Description of the task | What you produce should be every line from the data that includes "struct".

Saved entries
********************
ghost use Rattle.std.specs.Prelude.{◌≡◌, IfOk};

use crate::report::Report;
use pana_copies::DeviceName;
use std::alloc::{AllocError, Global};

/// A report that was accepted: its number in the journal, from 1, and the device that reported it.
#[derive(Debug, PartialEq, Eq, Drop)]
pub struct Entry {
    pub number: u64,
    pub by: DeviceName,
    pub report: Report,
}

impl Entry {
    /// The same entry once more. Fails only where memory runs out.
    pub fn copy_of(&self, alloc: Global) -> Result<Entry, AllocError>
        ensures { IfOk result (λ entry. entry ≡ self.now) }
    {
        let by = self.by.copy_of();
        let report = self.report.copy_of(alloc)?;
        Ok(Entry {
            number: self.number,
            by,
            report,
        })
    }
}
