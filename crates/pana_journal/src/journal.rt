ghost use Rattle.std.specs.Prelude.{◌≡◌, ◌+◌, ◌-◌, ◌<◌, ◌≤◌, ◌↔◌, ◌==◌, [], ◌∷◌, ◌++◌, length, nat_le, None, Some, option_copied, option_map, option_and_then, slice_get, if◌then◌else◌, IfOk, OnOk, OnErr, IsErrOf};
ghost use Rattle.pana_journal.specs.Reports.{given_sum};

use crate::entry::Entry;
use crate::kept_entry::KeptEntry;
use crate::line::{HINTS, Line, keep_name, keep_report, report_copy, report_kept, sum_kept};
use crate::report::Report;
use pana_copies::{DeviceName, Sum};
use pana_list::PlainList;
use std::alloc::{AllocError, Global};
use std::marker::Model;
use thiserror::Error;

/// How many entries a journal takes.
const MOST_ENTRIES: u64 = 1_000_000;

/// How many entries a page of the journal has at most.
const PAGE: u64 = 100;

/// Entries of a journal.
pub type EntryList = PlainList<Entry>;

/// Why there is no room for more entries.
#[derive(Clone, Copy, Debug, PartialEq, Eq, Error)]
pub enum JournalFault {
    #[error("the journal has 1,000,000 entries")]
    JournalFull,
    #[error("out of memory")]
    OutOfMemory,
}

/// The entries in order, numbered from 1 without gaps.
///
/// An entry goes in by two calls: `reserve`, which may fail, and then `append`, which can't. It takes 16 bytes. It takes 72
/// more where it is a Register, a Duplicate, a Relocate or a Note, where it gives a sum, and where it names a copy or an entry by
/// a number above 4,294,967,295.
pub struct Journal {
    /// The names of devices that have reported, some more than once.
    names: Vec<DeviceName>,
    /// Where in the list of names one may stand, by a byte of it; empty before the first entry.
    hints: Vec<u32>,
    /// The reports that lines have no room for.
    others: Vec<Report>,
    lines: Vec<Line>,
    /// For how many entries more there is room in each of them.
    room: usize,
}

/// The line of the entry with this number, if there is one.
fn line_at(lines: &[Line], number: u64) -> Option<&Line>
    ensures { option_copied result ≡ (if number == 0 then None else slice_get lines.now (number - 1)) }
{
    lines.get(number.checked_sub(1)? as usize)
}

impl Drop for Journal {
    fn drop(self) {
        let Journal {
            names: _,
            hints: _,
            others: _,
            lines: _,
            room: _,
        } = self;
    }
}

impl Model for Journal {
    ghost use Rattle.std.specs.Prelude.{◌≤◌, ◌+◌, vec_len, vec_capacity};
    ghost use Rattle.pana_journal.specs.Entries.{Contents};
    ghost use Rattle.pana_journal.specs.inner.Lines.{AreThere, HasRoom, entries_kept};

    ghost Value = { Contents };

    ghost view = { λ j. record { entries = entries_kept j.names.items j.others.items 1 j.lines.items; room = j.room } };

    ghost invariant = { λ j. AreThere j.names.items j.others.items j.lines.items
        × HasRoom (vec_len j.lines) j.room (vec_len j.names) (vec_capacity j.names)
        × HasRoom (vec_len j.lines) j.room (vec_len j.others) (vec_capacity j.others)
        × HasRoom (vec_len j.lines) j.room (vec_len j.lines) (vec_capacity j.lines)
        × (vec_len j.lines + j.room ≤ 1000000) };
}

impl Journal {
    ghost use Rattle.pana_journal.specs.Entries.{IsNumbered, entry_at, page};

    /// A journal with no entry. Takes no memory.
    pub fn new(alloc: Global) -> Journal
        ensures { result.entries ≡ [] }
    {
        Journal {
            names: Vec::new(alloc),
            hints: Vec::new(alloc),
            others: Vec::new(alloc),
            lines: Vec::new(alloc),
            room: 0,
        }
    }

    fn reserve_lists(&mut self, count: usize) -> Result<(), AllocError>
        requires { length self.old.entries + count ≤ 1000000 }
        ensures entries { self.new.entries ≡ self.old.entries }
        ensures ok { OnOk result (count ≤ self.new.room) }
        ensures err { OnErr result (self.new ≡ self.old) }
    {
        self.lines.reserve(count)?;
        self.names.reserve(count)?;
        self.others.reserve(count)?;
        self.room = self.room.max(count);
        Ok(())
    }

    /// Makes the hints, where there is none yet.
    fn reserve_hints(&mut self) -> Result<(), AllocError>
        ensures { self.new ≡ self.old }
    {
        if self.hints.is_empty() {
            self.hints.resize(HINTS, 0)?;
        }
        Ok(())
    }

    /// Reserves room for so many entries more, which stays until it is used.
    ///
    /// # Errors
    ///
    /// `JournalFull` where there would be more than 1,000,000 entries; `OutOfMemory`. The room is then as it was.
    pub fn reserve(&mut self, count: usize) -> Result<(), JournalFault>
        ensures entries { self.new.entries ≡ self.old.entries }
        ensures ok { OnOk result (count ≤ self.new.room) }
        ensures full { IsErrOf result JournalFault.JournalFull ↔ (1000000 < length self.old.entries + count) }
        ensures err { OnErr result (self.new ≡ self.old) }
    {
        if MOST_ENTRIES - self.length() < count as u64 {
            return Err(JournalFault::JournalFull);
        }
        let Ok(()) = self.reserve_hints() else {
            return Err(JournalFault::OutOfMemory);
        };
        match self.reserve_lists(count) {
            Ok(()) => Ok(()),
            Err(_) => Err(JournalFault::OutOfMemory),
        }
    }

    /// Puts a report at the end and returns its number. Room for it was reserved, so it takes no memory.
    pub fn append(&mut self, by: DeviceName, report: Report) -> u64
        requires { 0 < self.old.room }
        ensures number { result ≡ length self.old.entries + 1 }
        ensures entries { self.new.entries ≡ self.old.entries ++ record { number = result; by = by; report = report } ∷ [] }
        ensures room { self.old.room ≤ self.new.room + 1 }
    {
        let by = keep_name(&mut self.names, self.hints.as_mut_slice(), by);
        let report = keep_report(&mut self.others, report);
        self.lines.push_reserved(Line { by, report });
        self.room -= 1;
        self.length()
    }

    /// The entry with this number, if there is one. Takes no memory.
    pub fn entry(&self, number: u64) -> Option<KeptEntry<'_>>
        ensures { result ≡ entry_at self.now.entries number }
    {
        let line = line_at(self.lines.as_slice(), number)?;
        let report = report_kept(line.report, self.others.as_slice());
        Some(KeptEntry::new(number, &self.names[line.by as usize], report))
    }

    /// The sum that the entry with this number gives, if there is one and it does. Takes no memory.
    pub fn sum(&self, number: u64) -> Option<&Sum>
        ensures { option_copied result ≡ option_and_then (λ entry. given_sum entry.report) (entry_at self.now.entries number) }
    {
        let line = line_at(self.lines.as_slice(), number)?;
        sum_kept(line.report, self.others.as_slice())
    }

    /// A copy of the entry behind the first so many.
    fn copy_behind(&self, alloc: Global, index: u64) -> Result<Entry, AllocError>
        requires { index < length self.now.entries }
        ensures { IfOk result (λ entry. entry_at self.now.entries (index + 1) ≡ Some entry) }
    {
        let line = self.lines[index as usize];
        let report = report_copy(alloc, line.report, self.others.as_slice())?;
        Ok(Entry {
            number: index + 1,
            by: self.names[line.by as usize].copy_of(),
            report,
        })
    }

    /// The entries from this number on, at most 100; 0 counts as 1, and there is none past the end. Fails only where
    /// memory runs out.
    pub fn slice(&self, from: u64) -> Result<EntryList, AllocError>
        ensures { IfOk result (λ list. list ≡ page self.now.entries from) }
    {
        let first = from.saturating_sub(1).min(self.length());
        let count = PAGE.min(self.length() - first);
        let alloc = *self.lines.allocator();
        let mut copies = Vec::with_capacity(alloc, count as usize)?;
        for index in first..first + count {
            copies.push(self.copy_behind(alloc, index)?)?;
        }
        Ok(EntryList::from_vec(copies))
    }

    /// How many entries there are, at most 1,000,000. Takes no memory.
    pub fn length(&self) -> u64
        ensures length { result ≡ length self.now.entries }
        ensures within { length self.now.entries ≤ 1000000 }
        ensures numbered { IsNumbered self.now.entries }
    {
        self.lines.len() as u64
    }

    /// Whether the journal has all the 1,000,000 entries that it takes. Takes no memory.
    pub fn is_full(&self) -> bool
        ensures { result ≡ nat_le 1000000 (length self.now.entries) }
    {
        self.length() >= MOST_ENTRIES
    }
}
********************
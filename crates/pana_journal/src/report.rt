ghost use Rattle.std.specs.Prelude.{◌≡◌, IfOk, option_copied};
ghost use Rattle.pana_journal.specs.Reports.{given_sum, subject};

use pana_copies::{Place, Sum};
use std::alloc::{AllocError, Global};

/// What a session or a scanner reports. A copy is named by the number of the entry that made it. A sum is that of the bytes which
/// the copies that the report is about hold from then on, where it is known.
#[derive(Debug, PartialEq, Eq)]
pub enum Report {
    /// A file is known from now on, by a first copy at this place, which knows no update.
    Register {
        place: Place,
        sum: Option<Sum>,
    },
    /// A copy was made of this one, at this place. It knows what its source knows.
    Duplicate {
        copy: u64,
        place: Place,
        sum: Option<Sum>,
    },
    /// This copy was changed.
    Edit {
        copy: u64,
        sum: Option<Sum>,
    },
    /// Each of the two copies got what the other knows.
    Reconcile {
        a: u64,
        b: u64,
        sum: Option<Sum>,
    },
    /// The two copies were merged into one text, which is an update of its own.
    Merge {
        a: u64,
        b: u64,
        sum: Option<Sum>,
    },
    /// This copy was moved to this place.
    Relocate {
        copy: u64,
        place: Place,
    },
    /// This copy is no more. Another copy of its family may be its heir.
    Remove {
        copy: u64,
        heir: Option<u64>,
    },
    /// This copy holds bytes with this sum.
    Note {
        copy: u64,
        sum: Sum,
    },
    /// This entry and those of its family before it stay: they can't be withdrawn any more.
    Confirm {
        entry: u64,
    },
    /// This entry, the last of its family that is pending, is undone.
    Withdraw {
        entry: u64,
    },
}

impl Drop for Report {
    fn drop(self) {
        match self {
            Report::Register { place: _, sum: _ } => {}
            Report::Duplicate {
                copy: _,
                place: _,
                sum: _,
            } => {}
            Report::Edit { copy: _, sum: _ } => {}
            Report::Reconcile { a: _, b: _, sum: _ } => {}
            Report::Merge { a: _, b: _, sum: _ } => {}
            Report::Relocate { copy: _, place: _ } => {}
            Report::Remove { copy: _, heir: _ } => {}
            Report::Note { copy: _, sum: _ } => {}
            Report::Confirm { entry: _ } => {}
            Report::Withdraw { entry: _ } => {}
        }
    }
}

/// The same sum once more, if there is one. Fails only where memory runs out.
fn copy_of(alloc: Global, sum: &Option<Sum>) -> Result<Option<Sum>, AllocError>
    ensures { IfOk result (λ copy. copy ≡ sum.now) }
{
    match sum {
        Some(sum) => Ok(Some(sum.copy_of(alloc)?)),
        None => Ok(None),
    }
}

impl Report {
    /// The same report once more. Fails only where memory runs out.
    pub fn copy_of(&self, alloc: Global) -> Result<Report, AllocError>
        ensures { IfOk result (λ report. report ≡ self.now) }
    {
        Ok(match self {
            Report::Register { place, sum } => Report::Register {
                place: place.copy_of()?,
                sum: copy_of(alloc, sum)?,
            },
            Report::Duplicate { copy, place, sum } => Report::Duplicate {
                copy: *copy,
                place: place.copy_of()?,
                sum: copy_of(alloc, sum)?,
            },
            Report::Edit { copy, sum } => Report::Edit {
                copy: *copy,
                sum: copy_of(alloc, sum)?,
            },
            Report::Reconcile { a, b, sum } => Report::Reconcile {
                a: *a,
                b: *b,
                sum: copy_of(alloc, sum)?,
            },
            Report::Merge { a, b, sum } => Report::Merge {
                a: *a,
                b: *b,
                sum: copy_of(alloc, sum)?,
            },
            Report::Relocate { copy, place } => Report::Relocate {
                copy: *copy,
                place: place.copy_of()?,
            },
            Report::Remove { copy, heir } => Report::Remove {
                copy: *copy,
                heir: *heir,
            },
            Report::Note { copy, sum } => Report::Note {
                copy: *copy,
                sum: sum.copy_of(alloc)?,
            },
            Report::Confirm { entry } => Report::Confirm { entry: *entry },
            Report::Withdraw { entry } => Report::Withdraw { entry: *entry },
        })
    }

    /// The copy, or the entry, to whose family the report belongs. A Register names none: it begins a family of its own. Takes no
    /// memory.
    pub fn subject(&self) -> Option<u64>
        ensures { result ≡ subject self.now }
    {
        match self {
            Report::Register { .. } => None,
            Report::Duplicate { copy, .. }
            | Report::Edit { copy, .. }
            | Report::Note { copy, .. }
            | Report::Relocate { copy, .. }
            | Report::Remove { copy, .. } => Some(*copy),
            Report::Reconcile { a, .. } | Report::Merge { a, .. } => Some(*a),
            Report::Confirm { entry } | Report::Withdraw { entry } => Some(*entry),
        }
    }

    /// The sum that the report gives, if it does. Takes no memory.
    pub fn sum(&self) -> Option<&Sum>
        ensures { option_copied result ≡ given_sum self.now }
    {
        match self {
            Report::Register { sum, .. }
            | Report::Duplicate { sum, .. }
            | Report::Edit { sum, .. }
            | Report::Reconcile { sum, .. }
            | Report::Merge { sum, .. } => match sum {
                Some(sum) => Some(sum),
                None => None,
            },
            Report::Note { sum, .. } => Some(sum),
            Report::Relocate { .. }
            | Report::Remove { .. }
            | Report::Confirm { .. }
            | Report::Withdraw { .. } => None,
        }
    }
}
********************
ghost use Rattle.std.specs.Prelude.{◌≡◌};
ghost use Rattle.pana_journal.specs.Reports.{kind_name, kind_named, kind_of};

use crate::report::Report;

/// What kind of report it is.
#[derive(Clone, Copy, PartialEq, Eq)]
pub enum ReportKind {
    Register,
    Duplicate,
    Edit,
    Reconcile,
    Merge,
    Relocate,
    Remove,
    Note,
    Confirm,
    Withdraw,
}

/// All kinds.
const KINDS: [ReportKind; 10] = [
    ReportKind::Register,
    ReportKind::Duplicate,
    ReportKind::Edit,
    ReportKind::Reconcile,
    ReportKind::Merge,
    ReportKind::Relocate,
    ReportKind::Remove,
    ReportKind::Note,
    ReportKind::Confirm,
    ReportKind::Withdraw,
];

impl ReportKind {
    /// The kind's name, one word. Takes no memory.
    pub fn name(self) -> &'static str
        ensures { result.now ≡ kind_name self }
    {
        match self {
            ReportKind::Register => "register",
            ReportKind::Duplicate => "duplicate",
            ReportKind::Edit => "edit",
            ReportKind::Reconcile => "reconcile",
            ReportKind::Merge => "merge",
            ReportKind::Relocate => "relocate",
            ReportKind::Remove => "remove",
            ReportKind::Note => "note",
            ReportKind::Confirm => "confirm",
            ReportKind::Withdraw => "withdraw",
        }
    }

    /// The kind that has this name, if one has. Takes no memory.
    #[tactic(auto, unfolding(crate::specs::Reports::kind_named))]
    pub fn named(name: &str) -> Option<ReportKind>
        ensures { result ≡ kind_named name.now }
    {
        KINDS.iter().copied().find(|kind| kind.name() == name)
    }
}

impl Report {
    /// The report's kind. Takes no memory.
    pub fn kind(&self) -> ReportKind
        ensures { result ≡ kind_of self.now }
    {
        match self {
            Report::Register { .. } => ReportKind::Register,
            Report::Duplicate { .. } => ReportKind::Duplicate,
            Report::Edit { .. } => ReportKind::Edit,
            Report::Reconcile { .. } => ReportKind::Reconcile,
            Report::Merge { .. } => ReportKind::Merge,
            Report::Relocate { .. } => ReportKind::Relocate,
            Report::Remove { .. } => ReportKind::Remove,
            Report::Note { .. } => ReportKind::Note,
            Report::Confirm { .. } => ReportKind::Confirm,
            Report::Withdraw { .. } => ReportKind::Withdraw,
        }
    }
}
********************
Expected answer |
pub struct Entry {
pub struct Journal {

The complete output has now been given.